Search code examples
parsingrecursionrecursive-descent

Recursive descent parser easy to get explanation


Can someone explain me in simple terms what recursive descent parser is?

I am stuck trying to get it. It is really very vague explained in wikipedia.

Recursive Descent Parser is a kind of top-down parser built as a set of recursive procedures each implementing a production rule of the grammar.

So, do I get it right? The parser is a program which executes commands one by one in a predefined order and each command every time it is executed has the same meaning but it tweaks the output in some way depending on the input that means the tweaking can be different every time the input is changed.

And still I do not get why the word recursion is used in here.


Solution

  • First, a bunch of terminology.

    A parser is software that can check if textual input is syntactically correct according to some grammar. A parser might also transform the textual input into another representation that's easier for other software to use.

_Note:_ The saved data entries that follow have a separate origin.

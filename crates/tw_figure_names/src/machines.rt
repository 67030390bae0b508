//! The machines of a file, and the figures and observations of one of them.

ghost use Rattle.std.specs.Prelude.{◌≡◌, IfOk, map, option_map};
ghost use Rattle.serde_json.specs.View.{view, items_view};
ghost use Rattle.tw_machine_declaration.specs.Seen.{value};
ghost use Rattle.tw_machine_file.specs.Seen.{machine};
ghost use Rattle.tw_figure_names.specs.Entries.{figures_of, observations_of};
ghost use Rattle.tw_figures.specs.Labelled.{figure, observation};
ghost use Rattle.tw_figure_names.specs.Said.{
  entries_said,
  figures_named,
  machines_said,
  observations_named,
  value_named,
  words_named,
};

use crate::entries::entries_of;
use crate::figures::{Told, told_of};
use serde_json::Value;
use std::alloc::{AllocError, Global};
use tw_file_members::{items_in, machine_named, text_in};
use tw_machine_declaration::{Given, standings_of};
use tw_machine_file::{FileMachine, MachineFault, machines_in};

/// The machines that a file declares; none where one of them is refused.
pub(crate) fn machines_of(alloc: Global, file: &Value) -> Result<Vec<FileMachine>, AllocError>
    ensures { IfOk result
        (λ machines. map machine machines.items ≡ machines_said (view file.now)) }
{
    let Some(models) = file.get("models") else {
        return Ok(Vec::new(alloc));
    };
    match machines_in(alloc, file, models) {
        Ok(machines) => Ok(machines),
        Err(MachineFault::OutOfMemory) => Err(AllocError),
        Err(_) => Ok(Vec::new(alloc)),
    }
}

/// The first value of a name.
fn value_named<'a>(values: &'a [Value], name: &str) -> Option<&'a Value>
    ensures { option_map (λ v. view v.now) result ≡ value_named (items_view values.now) name.now }
{
    for value in values {
        if text_in(value, "name") == name {
            return Some(value);
        }
    }
    None
}

/// The entries of `words` of the first value of a name.
fn words_named<'a>(values: &'a [Value], name: &str) -> &'a [Value]
    ensures { items_view result.now ≡ words_named (items_view values.now) name.now }
{
    match value_named(values, name) {
        Some(value) => items_in(value, "words"),
        None => &[],
    }
}

/// The figures and observations of a machine, of which these values are the entries of `words`.
fn told_by(alloc: Global, said: &FileMachine, words: &[Value]) -> Result<Told, AllocError>
    ensures figures { IfOk result (λ told. map figure told.figures.items
        ≡ figures_of (entries_said (machine said.now) (items_view words.now))) }
    ensures observations { IfOk result (λ told. map observation told.observations.items
        ≡ observations_of (entries_said (machine said.now) (items_view words.now))) }
{
    let nothing = Given {
        numbers: Vec::new(alloc),
        lists: Vec::new(alloc),
    };
    let declaration = &said.declaration;
    let standings = standings_of(alloc, &nothing, &declaration.names)?;
    let entries = entries_of(alloc, &standings, &declaration.words, words)?;
    told_of(alloc, &entries)
}

/// The figures and observations of the machine of a name, among machines that these values declare.
pub(crate) fn told_named(
    alloc: Global,
    machines: &[FileMachine],
    values: &[Value],
    name: &str,
) -> Result<Told, AllocError>
    ensures figures { IfOk result (λ told. map figure told.figures.items
        ≡ figures_named (map machine machines.now) (items_view values.now) name.now) }
    ensures observations { IfOk result (λ told. map observation told.observations.items
        ≡ observations_named (map machine machines.now) (items_view values.now) name.now) }
{
    match machine_named(machines, name) {
        Some(machine) => told_by(alloc, machine, words_named(values, name)),
        None => Ok(Told {
            figures: Vec::new(alloc),
            observations: Vec::new(alloc),
        }),
    }
}
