//! The figures and the observations of a machine, from the entries of its `words`.

ghost use Rattle.std.specs.Prelude.{◌≡◌, ◌≤◌, ◌++◌, ◌∷◌, [], IfOk, OnOk, Some, length, map, string_bytes, take};
ghost use Rattle.std.specs.List.{flat_map, range_with_len};
ghost use Rattle.tw_figures.specs.Labelled.{figure, observation};
ghost use Rattle.tw_figure_names.specs.Entries.{
  before_queue,
  cell_name,
  figures_of,
  numbers_by,
  numbers_of,
  observations_of,
  observed_at,
  observed_by,
  observed_from,
  placed,
  queue_texts,
  values_behind,
};
ghost use Rattle.tw_figure_names.specs.EntryViews.{entry, number};
ghost use Rattle.tw_figure_names.specs.declared.entries.Shown.TheVariants.{Observed};

use crate::entries::{Entry, Shown};
use crate::texts::joined;
use std::alloc::{AllocError, Global};
use tw_figures::{Figure, Measure, Observation};

/// The figures and the observations of a machine.
#[derive(Drop)]
pub(crate) struct Told {
    pub figures: Vec<Figure>,
    pub observations: Vec<Observation>,
}

/// The numbers that entries show, each by its name if it is a figure; and the observations among them.
#[derive(Drop)]
struct Numbers {
    names: Vec<Option<String>>,
    observations: Vec<Observation>,
}

/// A number of this name.
fn add(names: &mut Vec<Option<String>>, name: String) -> Result<(), AllocError>
    ensures { OnOk result (map number names.new.items
        ≡ map number names.old.items ++ Some (string_bytes name) ∷ []) }
{
    names.push(Some(name))?;
    Ok(())
}

/// The cells of an array register.
fn add_cells(
    alloc: Global,
    names: &mut Vec<Option<String>>,
    text: &str,
    count: u32,
) -> Result<(), AllocError>
    ensures { OnOk result (map number names.new.items ≡ map number names.old.items
        ++ map (λ i. Some (cell_name text.now i)) (range_with_len 0 count)) }
{
    for cell in 0..count {
        add(names, format!(in alloc; "{text}[{cell}]")?)?;
    }
    Ok(())
}

/// An observation, and its three numbers.
fn add_observation(alloc: Global, numbers: &mut Numbers, text: &str) -> Result<(), AllocError>
    ensures names { OnOk result (map number numbers.new.names.items
        ≡ map number numbers.old.names.items ++ numbers_by text.now Observed) }
    ensures observations { OnOk result (map observation numbers.new.observations.items
        ≡ map observation numbers.old.observations.items
        ++ observed_by (length numbers.old.names.items) text.now Observed) }
{
    let name = String::from_str(alloc, text)?;
    let place = numbers.names.len();
    numbers.observations.push(Observation { name, place })?;
    numbers.names.push(None)?;
    numbers.names.push(None)?;
    numbers.names.push(None)?;
    Ok(())
}

/// The numbers that an entry shows.
fn add_entry(alloc: Global, numbers: &mut Numbers, said: &Entry) -> Result<(), AllocError>
    ensures names { OnOk result (map number numbers.new.names.items
        ≡ map number numbers.old.names.items ++ numbers_of (entry said.now)) }
    ensures observations { OnOk result (map observation numbers.new.observations.items
        ≡ map observation numbers.old.observations.items
        ++ observed_at (length numbers.old.names.items) (entry said.now)) }
{
    let text = said.text.as_str();
    match said.shows {
        Shown::Number => add(&mut numbers.names, String::from_str(alloc, text)?)?,
        Shown::Cells(count) => add_cells(alloc, &mut numbers.names, text, count)?,
        Shown::Observed => add_observation(alloc, numbers, text)?,
        Shown::Values => {}
    }
    Ok(())
}

/// The numbers that entries show.
fn add_all(alloc: Global, numbers: &mut Numbers, entries: &[Entry]) -> Result<(), AllocError>
    ensures names { OnOk result (map number numbers.new.names.items
        ≡ map number numbers.old.names.items ++ flat_map numbers_of (map entry entries.now)) }
    ensures observations { OnOk result (map observation numbers.new.observations.items
        ≡ map observation numbers.old.observations.items
        ++ observed_from (length numbers.old.names.items) (map entry entries.now)) }
{
    for said in entries {
        add_entry(alloc, numbers, said)?;
    }
    Ok(())
}

/// Where the first queue stands; behind the last entry where there is none.
fn queue_at(entries: &[Entry]) -> usize
    ensures within { result ≤ length entries.now }
    ensures before { map entry (take result entries.now) ≡ before_queue (map entry entries.now) }
{
    for (index, said) in entries.iter().enumerate() {
        if said.shows == Shown::Values {
            return index;
        }
    }
    entries.len()
}

/// The texts of the queues.
fn queue_texts(alloc: Global, entries: &[Entry]) -> Result<Vec<String>, AllocError>
    ensures { IfOk result
        (λ texts. map string_bytes texts.items ≡ queue_texts (map entry entries.now)) }
{
    let mut texts = Vec::new(alloc);
    for said in entries {
        if said.shows == Shown::Values {
            texts.push(String::from_str(alloc, said.text.as_str())?)?;
        }
    }
    Ok(texts)
}

/// The numbers of these names as figures, each by its place.
fn placed(alloc: Global, names: &[Option<String>]) -> Result<Vec<Figure>, AllocError>
    ensures { IfOk result (λ figures. map figure figures.items ≡ placed 0 (map number names.now)) }
{
    let mut figures = Vec::new(alloc);
    for (place, name) in names.iter().enumerate() {
        if let Some(name) = name {
            let name = String::from_str(alloc, name.as_str())?;
            let measure = Measure::Word(place);
            figures.push(Figure { name, measure })?;
        }
    }
    Ok(figures)
}

/// How many values all queues have, behind so many numbers; nothing where there is no queue.
fn add_values(
    alloc: Global,
    figures: &mut Vec<Figure>,
    numbers: usize,
    entries: &[Entry],
) -> Result<(), AllocError>
    ensures { OnOk result (map figure figures.new.items ≡ map figure figures.old.items
        ++ values_behind numbers (queue_texts (map entry entries.now))) }
{
    let texts = queue_texts(alloc, entries)?;
    if !texts.is_empty() {
        let name = joined(alloc, texts.as_slice())?;
        let measure = Measure::Beyond(numbers);
        figures.push(Figure { name, measure })?;
    }
    Ok(())
}

/// The figures and observations of a machine with these entries. What stands behind a queue is only counted.
pub(crate) fn told_of(alloc: Global, entries: &[Entry]) -> Result<Told, AllocError>
    ensures figures { IfOk result
        (λ told. map figure told.figures.items ≡ figures_of (map entry entries.now)) }
    ensures observations { IfOk result
        (λ told. map observation told.observations.items ≡ observations_of (map entry entries.now)) }
{
    let (before, behind) = entries.split_at(queue_at(entries));
    let mut numbers = Numbers {
        names: Vec::new(alloc),
        observations: Vec::new(alloc),
    };
    add_all(alloc, &mut numbers, before)?;
    let mut figures = placed(alloc, &numbers.names)?;
    let shown = numbers.observations.len();
    add_all(alloc, &mut numbers, behind)?;
    add_values(alloc, &mut figures, numbers.names.len(), entries)?;
    let mut observations = numbers.observations;
    observations.truncate(shown);
    Ok(Told {
        figures,
        observations,
    })
}
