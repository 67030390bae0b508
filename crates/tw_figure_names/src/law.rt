//! What the figures are of a state.

ghost use Rattle.tw_figure_names.specs.EntriesLaw.{EntriesLaw, ObservedLaw};
ghost use Rattle.tw_figure_names.specs.Law.{FiguresLaw};
ghost use Rattle.tw_figure_names.specs.MachineLaw.{MachineLaw, ObservationsLaw, ShownLaw};

/// What the figures of a model tell of a state: they are parts of it, or how many values it holds. It does nothing.
pub fn figures_law()
    ensures { FiguresLaw }
{}

/// What the figures of a machine tell of a state: the values of the entries of its `words`, each by that entry's text, and how many
/// values all queues among them have together; and that the three words from an observation's place on are those of its entry. Each
/// entry shows as much whatever a component gives. It does nothing.
pub fn machine_figures_law()
    ensures shown { ShownLaw }
    ensures entries { EntriesLaw }
    ensures machine { MachineLaw }
    ensures observed { ObservedLaw }
    ensures observations { ObservationsLaw }
{}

    A grammar is a definition of the syntax of a language. A language is a (possibly infinite) set of all the syntactically correct "sentences." A sentence is a sequence of symbols.

    Grammars are described with a set of productions. Productions are rules that tell you how to can substitute sequences of symbols with other sequences of symbols

    Now we can make this more concrete with an example: a simple language of all possible sequences of balanced parentheses. For example, the string "()" would be a member of the language, as would "()()()" and "((()))". Our language will not contain any strings of unbalanced parentheses: "(" and "())" are not part of our language.

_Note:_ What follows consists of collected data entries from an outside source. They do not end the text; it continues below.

/// What an unknown name with another word behind it is not, in an expression.
fn no_value(reading: &Reading, behind: &str) -> &'static str {
    match (behind == "(", reading.fielded, reading.has_constants) {
        (true, true, _) => "function or field is named",
        (true, false, _) => "function is named",
        (false, _, true) => "register, parameter, constant or table is named",
        (false, _, false) => "register, parameter or table is named",
    }
}

/// Looks at the fields.
fn look_at_fields<'b>(
    alloc: Global,
    nearest: &mut Nearest<'_, 'b>,
    declared: &'b [Declared],
) -> Result<(), AllocError> {
    for one in declared {
        if one.meaning.field.is_some() {
            nearest.look(alloc, one.name.as_str())?;
        }
    }
    Ok(())
}

/// Looks at the names of the machine that could stand here.
fn look_at_names<'b>(
    alloc: Global,
    nearest: &mut Nearest<'_, 'b>,
    declared: &'b [Declared],
    last: Last,
) -> Result<(), AllocError> {
    for one in declared {
        if may_stand(last, one.meaning) {
            nearest.look(alloc, one.name.as_str())?;
        }
    }
    Ok(())
}

/// Looks at the names and words of the language that could stand here.
fn look_at_language(
    alloc: Global,
    nearest: &mut Nearest,
    reading: &Reading,
) -> Result<(), AllocError> {
    let timed = reading.timed;
    if can_begin_statement(reading) {
        look_at_words(alloc, nearest, timed, false)?;
    } else if matches!(reading.last, Last::Operator | Last::Queue) {
        look_at_functions(alloc, nearest, reading)?;
        look_at_words(alloc, nearest, timed, true)?;
    }
    Ok(())
}

/// Looks at the functions.
fn look_at_functions(
    alloc: Global,
    nearest: &mut Nearest,
    reading: &Reading,
) -> Result<(), AllocError> {
    for function in &FUNCTIONS {
        let is_there = reading.timed || !is_of_timers(function);
        if is_there && (reading.fielded || !is_item(function)) {
            nearest.look(alloc, function)?;
        }
    }
    Ok(())
}

/// Looks at the words of the language: those that stand for a number, or all others.
fn look_at_words(
    alloc: Global,
    nearest: &mut Nearest,
    timed: bool,
    numbers: bool,
) -> Result<(), AllocError> {
    for (text, word) in &RESERVED {
        if matches!(word, Word::Known(_)) == numbers {
            nearest.look(alloc, text)?;
        }
    }
    for (text, word) in &CONTEXTUAL {
        let is_there = timed || !is_of_timers(text);
        if is_there && matches!(word, Word::Known(_)) == numbers {
            nearest.look(alloc, text)?;
        }
    }
    Ok(())
}

/// Whether a name of this meaning can stand here.
fn may_stand(last: Last, meaning: Meaning) -> bool {
    let kind = meaning.kind;
    match last {
        Last::NoQueue => matches!(kind, Kind::Queue | Kind::QueueArray),
        Last::NoSized => matches!(kind, Kind::Queue | Kind::QueueArray | Kind::Table),
        Last::NoTable => kind == Kind::Table,
        Last::NoObservation => kind == Kind::Observation,
        Last::NoProcedure => matches!(kind, Kind::Procedure(_)),
        Last::NoTimer => matches!(kind, Kind::Timer(_) | Kind::TimerArray(..)),
        Last::NoTimers => matches!(kind, Kind::TimerArray(..)),
        Last::NoField => meaning.field.is_some(),
        Last::Repeat => kind.counts_turns(),
        Last::Operator | Last::Queue => kind.reads() || kind.indexes(),
        _ => matches!(kind, Kind::Register | Kind::RegisterArray),
    }
}

/// The line for a word of the language that cannot stand here.
fn out_of_place(
    alloc: Global,
    declared: &[Declared],
    reading: &Reading,
    wrong: &Wrong,
    cure: Option<&str>,
) -> Result<String, AllocError> {
    let (word, next) = (wrong.word, wrong.behind);
    let shown = quoted(alloc, word)?;
    let kind = kind_of(declared, word);
    let names_queue = reading.last == Last::NoQueue || reading.last == Last::NoSized;
    if names_queue && kind == Some(Kind::Queue) && next == "[" {
        return format!(in alloc; "{shown} is one queue, without an index");
    }
    if names_queue && kind == Some(Kind::QueueArray) && next != "[" {
        return format!(in alloc; "{shown} is an array of queues, each of which has an index");
    }
    let is_operand = matches!(reading.last, Last::Operator | Last::Queue);
    if is_drawing(word) && next == "(" && is_operand {
        return no_draw(alloc, reading, shown.as_str());
    }
    if let Some(line) = known_out_of_place(alloc, declared, reading, word)? {
        return Ok(line);
    }
    let more = more_of(alloc, declared, reading, wrong, cure)?;
    if is_name(word) && !is_number(word) && can_begin_statement(reading) {
        return format!(in alloc; "no statement begins with {shown}{more}");
    }
    let wanted = wanted(reading);
    format!(in alloc; "expected {wanted}, not {shown}{more}")
}

/// The line for a field that has a number before, or for a constant that says how often something is done and may not.
fn known_out_of_place(
    alloc: Global,
    declared: &[Declared],
    reading: &Reading,
    word: &str,
) -> Result<Option<String>, AllocError> {
    let shown = quoted(alloc, word)?;
    if reading.last == Last::NoField && is_field(declared, word) {
        return Ok(Some(format!(in alloc; "{shown} has a number in this item before")?));
    }
    match (reading.last, kind_of(declared, word)) {
        (Last::Repeat, Some(Kind::Constant(number))) if number < 0 => {
            Ok(Some(format!(in alloc; "the constant {shown} is {number}, at least 0")?))
        }
        (Last::Repeat, Some(Kind::Constant(number))) if number > MAX_TURNS as i64 => {
            Ok(Some(format!(in alloc; "the constant {shown} is {number}, at most {MAX_TURNS}")?))
        }
        _ => Ok(None),
    }
}

/// Whether a function draws a number.
fn is_drawing(word: &str) -> bool {
    match arguments(word) {
        Some(called) => called.draws,
        None => false,
    }
}

/// The line for a number that is drawn where none may be.
fn no_draw(alloc: Global, reading: &Reading, shown: &str) -> Result<String, AllocError> {
    if reading.member.is_some() {
        return format!(in alloc; "{shown} draws a number: outputs and words draw none");
    }
    if reading.draws {
        return format!(in alloc; "{shown} draws a second number in one statement or test");
    }
    format!(in alloc; "{shown} draws a number: the index of what is changed draws none")
}

/// What is to be said of a word that cannot stand here.
fn more_of(
    alloc: Global,
    declared: &[Declared],
    reading: &Reading,
    wrong: &Wrong,
    cure: Option<&str>,
) -> Result<String, AllocError> {
    let word = wrong.word;
    if let Some(named) = named(declared, word) {
        let advice = advice(alloc, cure)?;
        return format!(in alloc; "{named}{advice}");
    }
    match (remark(reading, word), cure) {
        (Some(remark), _) => String::from_str(alloc, remark),
        (None, Some(_)) => advice(alloc, cure),
        (None, None) if is_function(reading, word) => String::from_str(alloc, ", a function"),
        (None, None) => Ok(String::new(alloc)),
    }
}

/// What a name is, if it is declared.
fn named(declared: &[Declared], word: &str) -> Option<&'static str> {
    match kind_of(declared, word) {
        Some(kind) => Some(kind_words(kind)),
        None if is_field(declared, word) => Some(", a field"),
        None => None,
    }
}

/// What is to be said of a word of the language that cannot stand here.
fn remark(reading: &Reading, word: &str) -> Option<&'static str> {
    let behind_operand = reading.last == Last::Operand;
    match word {
        "[" => Some("; what stands before it has no index"),
        "<" | "<=" | ">" | ">=" | "==" | "!=" if behind_operand => {
            Some("; a comparison of a comparison wants parentheses")
        }
        "not" if reading.last == Last::Operator => Some("; it wants parentheses here"),
        "else" => Some("; it stands behind the block of an if"),
        "}" => Some("; no block is open here"),
        "wait" | "passivate" if reading.timed => {
            Some("; a machine with timers starts and stops these")
        }
        "left" if reading.timed => Some("; a machine with timers has rest for each of these"),
        _ => None,
    }
}

/// What a name is.
fn kind_words(kind: Kind) -> &'static str {
    match kind {
        Kind::Nothing => "",
        Kind::Register => ", a register",
        Kind::RegisterArray => ", an array register",
        Kind::Queue => ", a queue",
        Kind::QueueArray => ", an array of queues",
        Kind::Table => ", a table",
        Kind::Parameter => ", a parameter",
        Kind::Constant(_) => ", a constant",
        Kind::ListParameter => ", a list",
        Kind::Observation => ", an observation",
        Kind::Procedure(_) => ", a procedure",
        Kind::Timer(_) => ", a timer",
        Kind::TimerArray(..) => ", a timer with a count",
    }
}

    The grammar for this language can be written like this:

    S ::= ""
    S ::= '(' S ')' S
    

    Here, S is a non-terminal symbol, and specifically, the start symbol. Each line represents a production in the grammar. More interesting languages have more non-terminal symbols and many more productions.

    If we want to generate a valid string in our language, we start with the string S and iteratively apply production rules to replace any non-terminal symbols in the string with new sequences. When the string has no more non-terminals, we're done.

    So we start with S, and chose one of the production rules to apply. Suppose we pick the second one, we get ( S ) S. Since we still have non-terminals in the string, we have to keep going. If we replace the first S with the second rule again, we get ( ( S ) S ) S. Now let's choose the first rule, which says we can replace an S with an empty string. (I wrote it as "", but sometimes you'll see people use a Greek epsilon for that.) If we apply this rule to all the remaining Ses in the string, we end up with ( ( ) ), which is a valid sequence in the language.

    OK, but now we want to go the other way. We get a string as input and want to know if it belongs to the language. This is the work of the parser.

    For many (but not all) grammars, there's a particular style of parser implementation you can use called a recursive descent parser. The basic idea is to write functions that correspond to the productions in the grammar. Each function can call other functions to check substrings. They can even call themselves (which is where the "recursion" comes into play).

    Let's re-write our grammar a little differently:

    S ::= '(' P | ""
    P ::= S ')' S
    

    The vertical bar means "or". So S can be replaced by ( P or by an empty string. This example defines the same grammar, but we've re-organized it to more directly represent how the recursive descent parser will work.

    Now suppose we write two functions called ParseS and ParseP. These functions can see the rest of the input string and return true if the next bit of the string matches the corresponding production. In pseudo-code:

    bool ParseS() {
      if next character is '(' {
        skip the `(`
        return ParseP()
      }
      return true;  // handles the empty string
    }
    
    bool ParseP() {
      if ParseS() and the next character is `)` {
        skip the ')'
        return ParseS();
      }
      return false;
    }
    

    Together, these functions form a recursive descent parser for our language.[*] They tell us whether the input string is in the language defined by the grammar, which is the basic definition of a parser. It's recursive because ParseS can call ParseP which can call ParseS.

    [*] Well, almost. I oversimplified. A correct parser would check to make sure that there's no more input before returning the final true. As written, this one will accept any string with a prefix that is a member of the language. This is easy to fix in practice, but it would introduce distracting details into an already too-long answer.